Given records:

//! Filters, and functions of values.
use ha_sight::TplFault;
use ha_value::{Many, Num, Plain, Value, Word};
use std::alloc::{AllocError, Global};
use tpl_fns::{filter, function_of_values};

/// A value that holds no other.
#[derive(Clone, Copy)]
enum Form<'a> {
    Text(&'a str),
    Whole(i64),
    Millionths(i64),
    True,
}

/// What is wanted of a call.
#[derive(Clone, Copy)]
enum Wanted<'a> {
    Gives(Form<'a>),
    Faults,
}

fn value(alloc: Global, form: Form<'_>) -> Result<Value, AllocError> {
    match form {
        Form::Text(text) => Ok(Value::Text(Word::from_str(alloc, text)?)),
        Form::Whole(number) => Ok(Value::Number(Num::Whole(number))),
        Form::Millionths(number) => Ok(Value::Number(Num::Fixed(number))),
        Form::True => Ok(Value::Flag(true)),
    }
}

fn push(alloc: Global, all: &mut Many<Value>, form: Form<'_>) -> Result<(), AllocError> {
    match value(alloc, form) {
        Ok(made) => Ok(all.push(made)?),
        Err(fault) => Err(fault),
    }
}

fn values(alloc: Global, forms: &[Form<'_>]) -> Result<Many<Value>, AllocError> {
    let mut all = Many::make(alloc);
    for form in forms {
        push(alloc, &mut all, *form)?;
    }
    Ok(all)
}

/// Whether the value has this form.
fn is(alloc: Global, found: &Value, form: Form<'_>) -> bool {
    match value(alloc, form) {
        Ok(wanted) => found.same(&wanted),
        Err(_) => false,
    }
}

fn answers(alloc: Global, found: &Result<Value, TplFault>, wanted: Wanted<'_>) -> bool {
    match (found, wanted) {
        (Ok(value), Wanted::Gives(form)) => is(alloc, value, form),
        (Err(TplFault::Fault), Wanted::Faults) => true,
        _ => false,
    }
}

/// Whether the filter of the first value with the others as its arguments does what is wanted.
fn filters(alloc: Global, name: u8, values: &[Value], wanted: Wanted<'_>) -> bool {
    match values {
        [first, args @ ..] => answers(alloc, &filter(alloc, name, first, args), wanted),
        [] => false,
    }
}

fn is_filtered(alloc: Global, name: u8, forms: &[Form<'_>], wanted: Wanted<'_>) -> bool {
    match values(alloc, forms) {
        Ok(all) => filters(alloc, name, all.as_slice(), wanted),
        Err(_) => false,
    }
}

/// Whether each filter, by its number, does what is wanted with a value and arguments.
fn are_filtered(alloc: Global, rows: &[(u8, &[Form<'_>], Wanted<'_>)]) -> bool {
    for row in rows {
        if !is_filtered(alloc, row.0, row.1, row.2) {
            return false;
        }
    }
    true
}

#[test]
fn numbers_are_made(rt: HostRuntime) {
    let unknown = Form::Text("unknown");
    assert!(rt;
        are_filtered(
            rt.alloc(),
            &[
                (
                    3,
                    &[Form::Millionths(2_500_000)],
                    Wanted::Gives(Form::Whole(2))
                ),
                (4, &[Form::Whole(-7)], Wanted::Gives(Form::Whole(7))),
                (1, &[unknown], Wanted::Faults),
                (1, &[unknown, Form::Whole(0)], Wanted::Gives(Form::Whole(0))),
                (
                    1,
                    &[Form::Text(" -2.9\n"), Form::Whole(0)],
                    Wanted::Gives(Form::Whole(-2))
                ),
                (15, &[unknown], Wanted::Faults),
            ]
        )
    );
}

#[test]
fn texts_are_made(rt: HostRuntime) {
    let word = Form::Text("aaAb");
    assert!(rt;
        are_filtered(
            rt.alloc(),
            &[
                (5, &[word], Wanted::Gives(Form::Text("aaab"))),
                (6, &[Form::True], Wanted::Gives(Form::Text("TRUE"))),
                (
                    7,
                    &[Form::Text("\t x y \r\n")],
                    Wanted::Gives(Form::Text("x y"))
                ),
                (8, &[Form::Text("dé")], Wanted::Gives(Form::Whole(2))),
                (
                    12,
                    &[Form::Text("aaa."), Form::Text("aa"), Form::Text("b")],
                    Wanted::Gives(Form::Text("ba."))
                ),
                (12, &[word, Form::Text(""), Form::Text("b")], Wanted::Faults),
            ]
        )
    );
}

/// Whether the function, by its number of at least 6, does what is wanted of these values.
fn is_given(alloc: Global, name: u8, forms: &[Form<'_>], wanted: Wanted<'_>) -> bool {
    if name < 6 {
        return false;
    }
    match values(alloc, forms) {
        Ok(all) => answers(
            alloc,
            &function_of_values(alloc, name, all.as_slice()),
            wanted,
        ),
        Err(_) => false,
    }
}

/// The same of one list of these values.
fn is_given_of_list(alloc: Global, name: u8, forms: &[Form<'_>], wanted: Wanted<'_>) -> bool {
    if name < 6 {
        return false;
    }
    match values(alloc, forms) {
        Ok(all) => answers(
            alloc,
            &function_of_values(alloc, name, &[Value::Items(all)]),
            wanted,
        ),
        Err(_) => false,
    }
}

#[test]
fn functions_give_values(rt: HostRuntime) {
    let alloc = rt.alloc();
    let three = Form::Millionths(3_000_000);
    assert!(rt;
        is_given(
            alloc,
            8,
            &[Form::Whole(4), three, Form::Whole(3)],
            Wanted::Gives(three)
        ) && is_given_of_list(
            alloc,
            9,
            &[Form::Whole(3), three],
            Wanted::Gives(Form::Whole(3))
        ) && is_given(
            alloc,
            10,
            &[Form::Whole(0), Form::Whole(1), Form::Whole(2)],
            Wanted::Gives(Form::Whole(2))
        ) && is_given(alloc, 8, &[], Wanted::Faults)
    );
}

---

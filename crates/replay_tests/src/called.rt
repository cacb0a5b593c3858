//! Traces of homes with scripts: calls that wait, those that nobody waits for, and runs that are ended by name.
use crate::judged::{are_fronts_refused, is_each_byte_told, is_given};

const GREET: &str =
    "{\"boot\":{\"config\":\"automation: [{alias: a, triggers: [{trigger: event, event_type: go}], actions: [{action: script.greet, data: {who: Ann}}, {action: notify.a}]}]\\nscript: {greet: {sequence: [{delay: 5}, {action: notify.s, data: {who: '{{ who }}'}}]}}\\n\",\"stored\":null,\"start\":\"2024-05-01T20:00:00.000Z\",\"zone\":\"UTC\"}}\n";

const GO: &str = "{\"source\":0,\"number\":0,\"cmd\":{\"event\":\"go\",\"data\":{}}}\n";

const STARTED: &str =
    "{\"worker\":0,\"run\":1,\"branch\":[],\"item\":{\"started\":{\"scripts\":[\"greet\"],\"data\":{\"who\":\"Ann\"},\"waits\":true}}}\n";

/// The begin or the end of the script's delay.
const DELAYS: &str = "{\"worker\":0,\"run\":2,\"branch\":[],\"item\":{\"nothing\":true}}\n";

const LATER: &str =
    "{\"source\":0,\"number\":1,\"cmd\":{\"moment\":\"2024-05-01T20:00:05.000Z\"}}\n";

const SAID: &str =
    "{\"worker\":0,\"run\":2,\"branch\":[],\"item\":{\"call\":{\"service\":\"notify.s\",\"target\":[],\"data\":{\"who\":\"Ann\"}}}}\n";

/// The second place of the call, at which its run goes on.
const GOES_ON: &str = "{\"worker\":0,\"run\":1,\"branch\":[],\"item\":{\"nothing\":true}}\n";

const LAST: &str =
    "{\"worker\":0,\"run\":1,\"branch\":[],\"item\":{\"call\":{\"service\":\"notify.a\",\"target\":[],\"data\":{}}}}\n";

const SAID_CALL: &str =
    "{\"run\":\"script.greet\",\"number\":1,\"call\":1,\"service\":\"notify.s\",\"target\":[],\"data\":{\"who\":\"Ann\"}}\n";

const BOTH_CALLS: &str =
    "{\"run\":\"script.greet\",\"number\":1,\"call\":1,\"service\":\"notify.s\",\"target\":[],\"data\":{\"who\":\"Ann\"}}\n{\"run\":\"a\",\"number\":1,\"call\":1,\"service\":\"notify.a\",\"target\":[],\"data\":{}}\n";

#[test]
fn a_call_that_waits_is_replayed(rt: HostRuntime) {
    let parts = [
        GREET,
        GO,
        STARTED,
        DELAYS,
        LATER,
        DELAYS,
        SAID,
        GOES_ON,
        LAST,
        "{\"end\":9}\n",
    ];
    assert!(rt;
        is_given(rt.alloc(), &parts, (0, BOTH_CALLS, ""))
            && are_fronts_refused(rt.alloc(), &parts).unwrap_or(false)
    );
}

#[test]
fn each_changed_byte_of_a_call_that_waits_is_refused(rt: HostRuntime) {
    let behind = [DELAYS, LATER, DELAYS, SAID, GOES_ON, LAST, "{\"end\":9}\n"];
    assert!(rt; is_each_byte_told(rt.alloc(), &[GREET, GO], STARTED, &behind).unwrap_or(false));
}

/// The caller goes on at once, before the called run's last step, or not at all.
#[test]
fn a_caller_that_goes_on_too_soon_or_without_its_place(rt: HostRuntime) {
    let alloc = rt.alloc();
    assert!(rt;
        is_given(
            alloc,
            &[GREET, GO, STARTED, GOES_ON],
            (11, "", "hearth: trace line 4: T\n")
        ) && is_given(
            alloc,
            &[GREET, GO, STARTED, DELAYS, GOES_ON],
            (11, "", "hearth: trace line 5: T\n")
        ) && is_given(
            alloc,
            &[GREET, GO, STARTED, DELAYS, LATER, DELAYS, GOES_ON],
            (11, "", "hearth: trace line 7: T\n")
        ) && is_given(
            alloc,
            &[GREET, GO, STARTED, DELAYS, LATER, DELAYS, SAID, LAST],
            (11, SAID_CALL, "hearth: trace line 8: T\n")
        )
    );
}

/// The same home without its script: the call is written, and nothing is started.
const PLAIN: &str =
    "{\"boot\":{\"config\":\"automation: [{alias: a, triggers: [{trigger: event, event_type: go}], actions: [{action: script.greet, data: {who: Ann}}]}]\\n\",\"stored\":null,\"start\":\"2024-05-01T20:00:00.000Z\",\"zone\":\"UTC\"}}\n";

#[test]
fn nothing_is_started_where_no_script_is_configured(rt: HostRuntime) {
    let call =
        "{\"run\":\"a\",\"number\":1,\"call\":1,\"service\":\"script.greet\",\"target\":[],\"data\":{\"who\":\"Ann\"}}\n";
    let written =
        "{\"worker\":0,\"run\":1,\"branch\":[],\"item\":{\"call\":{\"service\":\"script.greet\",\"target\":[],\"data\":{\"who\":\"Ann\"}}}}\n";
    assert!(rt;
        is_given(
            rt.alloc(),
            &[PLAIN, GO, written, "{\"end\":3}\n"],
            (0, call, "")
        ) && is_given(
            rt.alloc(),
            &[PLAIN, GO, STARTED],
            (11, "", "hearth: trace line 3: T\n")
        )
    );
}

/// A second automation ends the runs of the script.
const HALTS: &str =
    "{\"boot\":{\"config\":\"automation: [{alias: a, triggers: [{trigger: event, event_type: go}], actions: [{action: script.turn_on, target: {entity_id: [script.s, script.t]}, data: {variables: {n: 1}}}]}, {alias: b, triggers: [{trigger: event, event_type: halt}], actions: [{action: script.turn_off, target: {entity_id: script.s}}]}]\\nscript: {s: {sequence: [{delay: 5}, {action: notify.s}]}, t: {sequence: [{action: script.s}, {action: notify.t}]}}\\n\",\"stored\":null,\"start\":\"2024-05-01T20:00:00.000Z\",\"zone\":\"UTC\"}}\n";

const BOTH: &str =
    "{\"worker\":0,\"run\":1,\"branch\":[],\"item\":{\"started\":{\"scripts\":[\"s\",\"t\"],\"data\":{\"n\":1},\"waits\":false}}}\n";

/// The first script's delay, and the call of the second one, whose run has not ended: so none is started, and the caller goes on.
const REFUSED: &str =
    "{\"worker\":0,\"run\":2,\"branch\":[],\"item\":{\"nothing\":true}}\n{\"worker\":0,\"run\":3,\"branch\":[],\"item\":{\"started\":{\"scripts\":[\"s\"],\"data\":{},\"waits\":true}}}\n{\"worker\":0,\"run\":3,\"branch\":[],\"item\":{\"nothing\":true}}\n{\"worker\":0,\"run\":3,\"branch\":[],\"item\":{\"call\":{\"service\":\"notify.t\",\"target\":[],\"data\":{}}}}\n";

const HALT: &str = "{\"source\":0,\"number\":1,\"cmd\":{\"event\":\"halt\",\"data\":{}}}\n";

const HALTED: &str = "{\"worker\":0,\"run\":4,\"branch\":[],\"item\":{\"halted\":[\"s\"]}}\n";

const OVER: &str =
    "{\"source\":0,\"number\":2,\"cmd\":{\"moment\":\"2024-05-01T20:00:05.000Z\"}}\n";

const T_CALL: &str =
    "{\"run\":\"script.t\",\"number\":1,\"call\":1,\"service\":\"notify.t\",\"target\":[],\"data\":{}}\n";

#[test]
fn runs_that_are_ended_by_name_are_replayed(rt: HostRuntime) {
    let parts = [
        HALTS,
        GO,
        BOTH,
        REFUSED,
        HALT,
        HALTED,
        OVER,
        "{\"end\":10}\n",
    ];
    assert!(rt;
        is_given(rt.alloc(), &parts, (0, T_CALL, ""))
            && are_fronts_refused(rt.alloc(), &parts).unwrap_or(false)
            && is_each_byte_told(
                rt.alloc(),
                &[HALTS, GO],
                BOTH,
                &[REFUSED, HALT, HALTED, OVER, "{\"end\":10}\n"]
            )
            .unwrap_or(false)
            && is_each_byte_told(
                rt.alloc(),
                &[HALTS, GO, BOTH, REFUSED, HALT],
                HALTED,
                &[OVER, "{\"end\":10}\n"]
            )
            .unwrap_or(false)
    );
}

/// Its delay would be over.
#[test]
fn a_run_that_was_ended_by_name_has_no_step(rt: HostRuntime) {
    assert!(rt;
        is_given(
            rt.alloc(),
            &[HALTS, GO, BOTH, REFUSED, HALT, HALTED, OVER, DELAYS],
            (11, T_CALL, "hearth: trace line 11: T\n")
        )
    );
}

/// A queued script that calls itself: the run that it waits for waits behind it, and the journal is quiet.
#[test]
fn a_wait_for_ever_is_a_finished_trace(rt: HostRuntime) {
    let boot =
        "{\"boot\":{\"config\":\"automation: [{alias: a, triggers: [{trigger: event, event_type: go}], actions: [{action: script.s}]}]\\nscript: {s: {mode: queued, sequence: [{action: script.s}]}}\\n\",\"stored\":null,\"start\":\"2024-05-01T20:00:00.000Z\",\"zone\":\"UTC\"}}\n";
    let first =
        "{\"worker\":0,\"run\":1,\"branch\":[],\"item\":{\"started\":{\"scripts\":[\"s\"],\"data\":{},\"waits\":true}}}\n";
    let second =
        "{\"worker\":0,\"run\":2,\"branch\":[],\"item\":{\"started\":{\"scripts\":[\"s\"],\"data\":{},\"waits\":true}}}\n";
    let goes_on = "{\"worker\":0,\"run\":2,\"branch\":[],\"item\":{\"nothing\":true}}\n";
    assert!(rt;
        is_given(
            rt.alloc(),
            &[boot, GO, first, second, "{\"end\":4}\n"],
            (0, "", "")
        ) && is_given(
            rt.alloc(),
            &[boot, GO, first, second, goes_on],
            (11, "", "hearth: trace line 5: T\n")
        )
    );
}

---

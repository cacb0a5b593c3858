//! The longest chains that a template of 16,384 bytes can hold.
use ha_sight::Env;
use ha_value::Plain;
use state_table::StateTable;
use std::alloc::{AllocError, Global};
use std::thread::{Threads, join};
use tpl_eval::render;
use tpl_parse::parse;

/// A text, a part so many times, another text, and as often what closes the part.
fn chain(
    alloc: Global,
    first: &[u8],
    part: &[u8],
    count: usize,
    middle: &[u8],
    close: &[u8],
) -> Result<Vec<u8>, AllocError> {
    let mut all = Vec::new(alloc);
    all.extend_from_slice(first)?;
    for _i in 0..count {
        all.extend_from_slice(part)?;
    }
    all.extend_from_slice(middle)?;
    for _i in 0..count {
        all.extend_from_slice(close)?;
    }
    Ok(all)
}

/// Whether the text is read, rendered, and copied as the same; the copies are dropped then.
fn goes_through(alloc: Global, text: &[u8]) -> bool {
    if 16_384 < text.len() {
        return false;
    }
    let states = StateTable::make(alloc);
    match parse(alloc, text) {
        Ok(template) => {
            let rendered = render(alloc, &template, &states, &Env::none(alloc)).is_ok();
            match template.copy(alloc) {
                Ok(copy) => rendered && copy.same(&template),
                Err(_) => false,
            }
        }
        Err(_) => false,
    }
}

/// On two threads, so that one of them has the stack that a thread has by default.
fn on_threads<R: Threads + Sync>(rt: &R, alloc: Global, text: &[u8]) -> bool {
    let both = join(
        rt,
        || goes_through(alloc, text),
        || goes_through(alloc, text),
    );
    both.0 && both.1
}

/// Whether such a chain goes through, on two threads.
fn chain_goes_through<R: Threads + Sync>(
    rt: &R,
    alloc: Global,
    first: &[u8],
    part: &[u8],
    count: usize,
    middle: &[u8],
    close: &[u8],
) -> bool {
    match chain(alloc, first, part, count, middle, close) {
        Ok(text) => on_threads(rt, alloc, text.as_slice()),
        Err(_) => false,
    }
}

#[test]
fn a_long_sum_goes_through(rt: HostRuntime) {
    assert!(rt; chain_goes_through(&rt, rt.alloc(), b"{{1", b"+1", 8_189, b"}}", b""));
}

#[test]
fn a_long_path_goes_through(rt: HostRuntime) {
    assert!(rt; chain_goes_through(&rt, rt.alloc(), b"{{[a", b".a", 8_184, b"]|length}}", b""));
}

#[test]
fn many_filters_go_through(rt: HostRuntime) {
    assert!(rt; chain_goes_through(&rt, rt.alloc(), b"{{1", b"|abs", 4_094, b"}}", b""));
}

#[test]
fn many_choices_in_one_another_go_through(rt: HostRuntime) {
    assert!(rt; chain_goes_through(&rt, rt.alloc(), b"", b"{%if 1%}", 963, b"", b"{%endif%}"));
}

Work order: If a line of the data contains the string "match", count it; then give the total alone.

Solution for this exercise: 11